Let’s model the situation using a logistic model. \[ \begin{eqnarray*} z_{i} & \sim & \text{Logis}(\lambda\mu,s),\\ z_{i} & = & \log\left(\frac{p_{i}}{1-p_{i}}\right). \end{eqnarray*} \] Here \(\log(p/(1-p))\) is the quantile function of the logistic function, hence we assume that \(p_{i}=F(z_{i}),\) where \(F\) is the cumulative distribution function of the logistic distribution. I used the same transform to go from \(\mu\) to \(p\).
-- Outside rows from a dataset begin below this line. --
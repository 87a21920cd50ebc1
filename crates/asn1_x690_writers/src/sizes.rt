//! Sizes that a constraint permits.

ghost use Rattle.std.specs.Prelude.{◌≡◌, true, false};
ghost use Rattle.asn1_x690.specs.Leaves.{HasSize};

use asn1_schema::Length;
use asn1_x691_writers::is_of_root;

/// Returns whether a constraint permits a size. One with an extension marker permits any size.
#[inline(always)]
pub fn has_size(size: Length, is_extensible: bool, count: usize) -> bool
    ensures yes { result ≡ true → HasSize is_extensible size count }
    ensures no { result ≡ false → HasSize is_extensible size count → ⊥ }
{
    is_extensible || is_of_root(size, count)
}
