//! NULL (X.690 8.8) and BOOLEAN (8.2, 11.1).

ghost use Rattle.std.specs.Prelude.{ℕ, List, ◌*◌, ◌^◌, ◌<◌, length};
ghost use Rattle.asn1_schema.specs.declared.tables.Range.{Range};
ghost use Rattle.asn1_schema.specs.Pieces.{Null, Truth};
ghost use Rattle.asn1_x690.specs.Der.{always};
ghost use Rattle.asn1_x690.specs.Leaves.{IsBoolean, IsNull, leaf_of};
ghost use Rattle.asn1_x690_writers.specs.Put.{IsPut};
ghost use Rattle.asn1_x691_writers.specs.Put.{piece_in};

use asn1_schema::{MisfitKind, Part};
use asn1_x691_writers::{Writer, put_number, reject};

/// Writes the contents of NULL, which are empty.
pub(crate) fn put_null(octets: &mut [u8], part: Part, node: usize, state: &mut Writer) -> bool
    ensures { (ranges : List Range) (source : List ℕ) → IsPut ⊥ (leaf_of IsNull always (λ u. Null) node) (piece_in ranges source part)
        octets.old state.old octets.new state.new result }
{
    match part {
        Part::Null => true,
        _ => reject(state, node, MisfitKind::OtherPart),
    }
}

/// Writes the octet of a BOOLEAN.
#[inline(always)]
pub(crate) fn put_boolean(octets: &mut [u8], part: Part, node: usize, state: &mut Writer) -> bool
    requires size { 8 * length octets.old < 2 ^ 64 }
    ensures { (ranges : List Range) (source : List ℕ) → IsPut ⊥ (leaf_of IsBoolean always Truth node) (piece_in ranges source part)
        octets.old state.old octets.new state.new result }
{
    match part {
        Part::Truth(is_true) => {
            let octet = if is_true { 255 } else { 0 };
            state.at = put_number(octets, state.at, octet, 8);
            true
        }
        _ => reject(state, node, MisfitKind::OtherPart),
    }
}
Since the logistic function is symmetric, we have \(EZ_{i}=\lambda\mu\). It follows that the available information equals \(\mu=EZ_{i}/\lambda\). A natural estimator of \(EZ_{i}\) is \[ \frac{1}{n}\sum\log\left(\frac{p_{i}}{1-p_{i}}\right), \] and a natural estimator of \(\mu\) is \[ \hat{\mu}=\frac{1}{\lambda}\frac{1}{n}\sum\log\left(\frac{p_{i}}{1-p_{i}}\right). \] This is an extremizing estimator of the log-odds provided \(0<\lambda<1\), which is very reasonable. Moreover, if \(\lambda=1/\sqrt{3}\approx0.58,\) the estimator approximates the extremizing estimator derived by Neyman and Roughgarden, discussed by Jamie Sevilla here. My argument is similar to the one of Satopää et al., 2014.

Comments

Multiplicative bias. I am assuming a multiplicative bias in \(\mu\lambda\). The same kind of result does not occur if I assume the bias is additive. Moreover, doesn’t people always assume there isn’t bias of this kind when talking about the wisdom of the crowds and so on? Why should there the a multiplicative bias in this case? I believe the answer is simple: You can’t expect anyone to know all the available information, or to know what to do with it. Of course, it is possible to overload on the information too, having \(\lambda>1\), but it seems unlikely for the entire population of forecasters to have an average of \(1\).
Extensions. There are so many ways to extend this model. For instance, it doesn’t allow for forecasters with different \(\delta_i\)s. Evidently, if we knew the \(\lambda_i\)s of all forecasters, we could modify the formula easily. Moreover, we don’t use different \(\sigma_i\)s. Both these parameters can potentially be estimated for each forecaster, giving estimates of something like forecaster knowledge (\(\lambda_i\)) and forecaster skill (how good he is at applying his knowledge, or \(\sigma_i\)).
Question-specific. Consider the problem of estimating the weight of a cow. In this experiment, the true weight was \(1272\) lbs, and the mean forecasted weight was \(1355\)lbs, suggesting a \(\delta\) of \(1.06.\) The \(\delta\) appears not to be a statistical artifact, as the standard deviation appears to be less than \(1000\). A conservative \(95\%\) confidence interval would be about \(1272\pm 16\).
Sensitivity. The same kind of extremizing happens in every model of this kind (e.g., using a normal instead of a logistic), as the relationship between \(E(Z_i)\) and \(\mu\lambda\) still holds. The formula won’t be the same, but the behavior will be similar.